Kate crossed the landing, walking through the toxic bacon fumes with Flo towards Findlay’s room. Findlay was up, kneeling intently on the floor. His bed looked as though it had barely been slept in.
‘I’m building a world,’ he said, without looking up from the piles of Lego he had heaped on the rug in front of him—the Lego obscuring the Calpol stains that raising Findlay for the first four and a half years of his life had cost her so far.
‘We need to get you dressed,’ Kate said vaguely, over Flo’s body draped across her shoulder.
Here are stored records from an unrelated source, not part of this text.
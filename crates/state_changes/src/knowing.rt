//! What the text of a state says of a page, and since which line of the trace.
ghost use Rattle.std.specs.Prelude.{◌≡◌, ◌++◌, IfOk, OnOk, if◌then◌else◌};
ghost use Rattle.std.specs.List.{flat_map};
ghost use Rattle.trace.specs.Numbered.{texts_of};
ghost use Rattle.trace_io.specs.Lines.{lines_of};
ghost use Rattle.trace_text.specs.Words.{words_of};
ghost use Rattle.state_changes.specs.Knowing.{before_dash, behind_dash, came_at, concerns, frame_beside, frame_in, frames_of};
ghost use Rattle.state_changes.specs.Knowing.{is_among, is_within, known_line, known_text, last_with, number_in_front, word_has, words_name};

use crate::marks::stands_in;
use std::alloc::{AllocError, Global};
use trace_io::lines::front_line;
use trace_text::number::read_number;
use trace_text::pieces::{Piece, put_all};
use trace_text::words::next_word;

// What stands before the first `-`, and behind it.
fn at_dash(word: &[u8]) -> (&[u8], &[u8])
    ensures before { result.0.now ≡ before_dash word.now }
    ensures behind { result.1.now ≡ behind_dash word.now }
{
    let mut at = 0;
    'bytes: while at < word.len() {
        if word[at] == b'-' {
            let (before, _) = word.split_at(at);
            let (_, behind) = word.split_at(at + 1);
            return (before, behind);
        }
        at += 1;
    }
    word.split_at(at)
}

// Whether the bytes from the first address up to the end, or those of a page, have this one.
fn is_within(first: Option<u64>, end: Option<u64>, addr: u64) -> bool
    ensures { result ≡ is_within first end addr }
{
    match (first, end) {
        (Some(first), Some(end)) => first <= addr && addr < end,
        (Some(first), None) => first <= addr && addr - first < 4096,
        (None, _) => false,
    }
}

// Whether a word `START` or `START-END` has the address.
fn word_has(addr: u64, word: &[u8]) -> bool
    ensures { result ≡ word_has addr word.now }
{
    let (before, behind) = at_dash(word);
    is_within(read_number(before), read_number(behind), addr)
}

// Whether the line names a page that has the address, by its first word that begins with 0x.
fn names(addr: u64, line: &[u8]) -> bool
    ensures { result ≡ words_name addr (words_of line.now) }
{
    let mut rest = line;
    'words: while let Some((word, more)) = next_word(rest) {
        if word.starts_with(b"0x") {
            return word_has(addr, word);
        }
        rest = more;
    }
    false
}

// The number that the first word spells.
fn number_in_front(bytes: &[u8]) -> Option<u64>
    ensures { result ≡ number_in_front (words_of bytes.now) }
{
    let (word, _) = next_word(bytes)?;
    read_number(word)
}

// The number of the frame that the line names.
fn frame_in(line: &[u8]) -> Option<u64>
    ensures { result ≡ frame_in (words_of line.now) }
{
    let mut rest = line;
    'words: while let Some((word, more)) = next_word(rest) {
        if word == b"frame".as_slice() {
            return number_in_front(more);
        }
        rest = more;
    }
    None
}

// Adds the frame that a line names beside the page.
fn push_frame(frames: &mut Vec<u64>, addr: u64, line: &[u8]) -> Result<(), AllocError>
    ensures { OnOk result (frames.new.items ≡ frames.old.items ++ frame_beside addr line.now) }
{
    if !names(addr, line) {
        return Ok(());
    }
    if let Some(frame) = frame_in(line) {
        frames.push(frame)?;
    }
    Ok(())
}

// The frames of the lines that name the page.
fn frames_of(alloc: Global, addr: u64, state: &[u8]) -> Result<Vec<u64>, AllocError>
    ensures { IfOk result (λ frames. frames.items ≡ frames_of addr (lines_of state.now)) }
{
    let mut frames = Vec::new(alloc);
    let mut rest = state;
    'lines: while !rest.is_empty() {
        let (line, more) = front_line(rest);
        push_frame(&mut frames, addr, line)?;
        rest = more;
    }
    Ok(frames)
}

// Whether the frame is one of these.
fn is_among(frame: Option<u64>, frames: &[u64]) -> bool
    ensures { result ≡ is_among frame frames.now }
{
    let Some(frame) = frame else {
        return false;
    };
    let mut at = 0;
    'frames: while at < frames.len() {
        if frames[at] == frame {
            return true;
        }
        at += 1;
    }
    false
}

// Whether the line has to do with the page: it names it, or one of these frames.
fn concerns(addr: u64, frames: &[u64], line: &[u8]) -> bool
    ensures { result ≡ concerns addr frames.now line.now }
{
    names(addr, line) || is_among(frame_in(line), frames)
}

// The number, or the other one.
fn number_where(has: bool, number: usize, other: usize) -> usize
    ensures { result ≡ (if has then number else other) }
{
    if has { number } else { other }
}

// The number of the last of the texts that has the line, counted from 1, or 0.
fn last_with(line: &[u8], texts: &[Vec<u8>]) -> usize
    ensures { result ≡ last_with 1 line.now (texts_of texts.now) }
{
    let mut last = 0;
    let mut at = 0;
    'texts: while at < texts.len() {
        let has = stands_in(line, texts[at].as_slice());
        at += 1;
        last = number_where(has, at, last);
    }
    last
}

// The number of the last line of the trace at which this line came, or 0.
fn came_at(alloc: Global, line: &[u8], changes: &[Vec<u8>]) -> Result<usize, AllocError>
    ensures { IfOk result (λ n. n ≡ came_at line.now (texts_of changes.now)) }
{
    let mut mark = Vec::new(alloc);
    mark.extend_from_slice(b"+ ")?;
    mark.extend_from_slice(line)?;
    Ok(last_with(mark.as_slice(), changes))
}

// Appends a line of the state's text, where it has to do with the page, behind the number of the line at which it came.
fn put_known(
    out: &mut Vec<u8>,
    alloc: Global,
    addr: u64,
    frames: &[u64],
    changes: &[Vec<u8>],
    line: &[u8],
) -> Result<(), AllocError>
    ensures { OnOk result (out.new.items ≡ out.old.items ++ known_line addr frames.now (texts_of changes.now) line.now) }
{
    if !concerns(addr, frames, line) {
        return Ok(());
    }
    let since = came_at(alloc, line, changes)?;
    put_all(out, &[Piece::Number(since as u64), Piece::Words(": ")])?;
    out.extend_from_slice(line)?;
    out.push(b'\n')?;
    Ok(())
}

/// Each line of a state's text that has to do with the page at the address: it names the page, or a frame that another line names beside it.
/// It stands behind the number of the last line of the trace at which it came, where these are the changes of the lines.
pub fn known_of(
    alloc: Global,
    addr: u64,
    changes: &[Vec<u8>],
    state: &[u8],
) -> Result<Vec<u8>, AllocError>
    ensures { IfOk result (λ text. text.items ≡ known_text addr (texts_of changes.now) state.now) }
{
    let frames = frames_of(alloc, addr, state)?;
    let mut text = Vec::new(alloc);
    let mut rest = state;
    'lines: while !rest.is_empty() {
        let (line, more) = front_line(rest);
        put_known(&mut text, alloc, addr, frames.as_slice(), changes, line)?;
        rest = more;
    }
    Ok(text)
}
‘Okay,’ Findlay agreed, standing up in a manner that was efficient rather than obedient, and that already lured her into confiding in him things about the world and the people in it that she wasn’t convinced he was ready to hear yet.
‘Should I wear my Spiderman suit?’
‘Oh, Finn…’
‘I should,’ he insisted.
‘But you’ve worn that nearly every day this week—it’s filthy.’
He thought about this for a fraction of a second. ‘But I should,’ he said again. Then, ‘Is it okay?’
Kate felt as though Findlay was prompting her, and when she finally nodded at him, he smiled back at her as if they’d just consented to take a huge leap forward in cross-cultural understanding.
Unnerved, Kate made a show of efficiency, opening curtains, making the bed—all with one hand. ‘But not the mask—they won’t let you wear the mask to nursery.’
Findlay watched approvingly as she helped him into the Spiderman suit while listening to what was going on downstairs. Had Robert, who didn’t mind the economy bacon sandwiches as much as he pretended, finished making his way through the rashers leaking white residue, layered between Blue Ribbon margarine and two slices of Mighty White? She hadn’t heard him come back upstairs and he hadn’t brought her a cup of tea yet—a ritual observed every morning since the first time they woke up together.
Downstairs, Margery, who had been outraged when she’d discovered that Robert was expected to help himself to a bowl of cereal—when there was any—at breakfast, before a full day’s work, was overwhelmed with pride that now she was here she could send him out into the world with meat in his stomach as well as a greasy chin and cuffs. That was one wrong in this marriage she’d been determined to set to rights.
She trailed after him now to the front door, in a grey tracksuit she’d been given by American Airlines on one of her Florida trips when her luggage got lost, and waved frantically as he cycled off down the street—until he turned the corner, out of sight. Then she sighed involuntarily, stared threateningly at the innocent commuters passing No. 22 on their way to the station, and shut the front door quickly before the Jamaican next door saw her standing there and decided to rape her. According to the free paper they got at home, The New Shopper, these things happened in BROAD DAYLIGHT in London, and nobody lifted a finger to help.
When she turned round, Kate was standing at the foot of the stairs, watching her.
‘He’s gone,’ Margery said, fairly certain from the look on Kate’s face that this was the first—or one of the first times, anyway—that Robert had left the house in the morning without saying goodbye. Had the Hunter marriage entered a new phase, and would she—as she’d always hoped—live long enough to witness her son rising like a phoenix from the ashes of a passion gone cold?
Kate hid her face in her daughter’s back again, briefly shutting her eyes so that Margery couldn’t read in them the last two minutes spent at the bedroom window, watching Robert cycle off down Prendergast Road without so much as turning to look up at the house; without so much as even saying goodbye.
When she opened them again, Margery had disappeared into the kitchen.
‘You’re never wearing that to nursery,’ her voice exclaimed, outraged at the perversity of Findlay’s fancy dress when there was no occasion.
‘Mum said I could.’
‘You’ll get your eczema back if you wear that nylon suit in this heat.’